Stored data
Content starts

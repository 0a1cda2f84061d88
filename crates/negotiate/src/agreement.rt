ghost use Rattle.std.specs.Prelude.{◌≡◌};
ghost use Rattle.std.specs.Result.{result_ok};
ghost use Rattle.spdm_grammar.specs.Message.{offer_message, reply_message};
ghost use Rattle.negotiate.specs.Choosing.{chosen_hash, chosen_aead, agreed};

use crate::NoChoice;
use crate::capabilities::has_all;
use crate::selection::{offered_aead, offered_key_schedule};
use crate::tables::value_of;
use spdm_grammar::names::{KEY_SCHEDULE_SPDM, MEASUREMENT_DMTF, aead, base_hash, table_type};
use spdm_grammar::{AeadAlg, AlgOffer, AlgReply, Choice, HashAlg};

/// The choice that a requester accepts from a sound reply to its sound offer (DSP0274, "ALGORITHMS"). Returns
/// `NoChoice` exactly when the hash, the AEAD or the key schedule of the reply is not exactly one known bit, or the
/// measurement specification is neither 0 nor 1, or one of these four has a bit that was not offered. The other fields
/// of the reply are ignored.
pub fn agrees(offer: &AlgOffer<'_>, reply: &AlgReply<'_>) -> Result<Choice, NoChoice>
    ensures { result_ok result ≡ agreed (offer_message offer.now) (reply_message reply.now) }
{
    let key_schedule = value_of(table_type::KEY_SCHEDULE, reply.count, reply.tables);
    if key_schedule != KEY_SCHEDULE_SPDM
        || !has_all(offered_key_schedule(offer), u32::from(KEY_SCHEDULE_SPDM))
    {
        return Err(NoChoice);
    }
    let measure = reply.measurement == MEASUREMENT_DMTF;
    let is_offered = has_all(u32::from(offer.measurement), u32::from(MEASUREMENT_DMTF));
    if reply.measurement != 0 && !(measure && is_offered) {
        return Err(NoChoice);
    }
    let Some(hash) = chosen_hash(offer.hash, reply.hash) else {
        return Err(NoChoice);
    };
    let aead_bits = u32::from(value_of(table_type::AEAD, reply.count, reply.tables));
    let Some(aead) = chosen_aead(offered_aead(offer), aead_bits) else {
        return Err(NoChoice);
    };
    Ok(Choice {
        hash,
        aead,
        measure,
    })
}

// The hash that these bits choose of those offered.
fn chosen_hash(offered: u32, bits: u32) -> Option<HashAlg>
    ensures { result ≡ chosen_hash offered bits }
{
    if bits == base_hash::SHA_256 && has_all(offered, base_hash::SHA_256) {
        return Some(HashAlg::Sha256);
    }
    if bits == base_hash::SHA_384 && has_all(offered, base_hash::SHA_384) {
        return Some(HashAlg::Sha384);
    }
    None
}

// The AEAD that these bits choose of those offered.
fn chosen_aead(offered: u32, bits: u32) -> Option<AeadAlg>
    ensures { result ≡ chosen_aead offered bits }
{
    let small = u32::from(aead::AES_128_GCM);
    let large = u32::from(aead::AES_256_GCM);
    if bits == small && has_all(offered, small) {
        return Some(AeadAlg::Aes128Gcm);
    }
    if bits == large && has_all(offered, large) {
        return Some(AeadAlg::Aes256Gcm);
    }
    None
}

Content ends

WORK TO COMPLETE
Search the entries for "Option" and copy out each line that has it.

WRITTEN RESPONSE
fn chosen_hash(offered: u32, bits: u32) -> Option<HashAlg>
fn chosen_aead(offered: u32, bits: u32) -> Option<AeadAlg>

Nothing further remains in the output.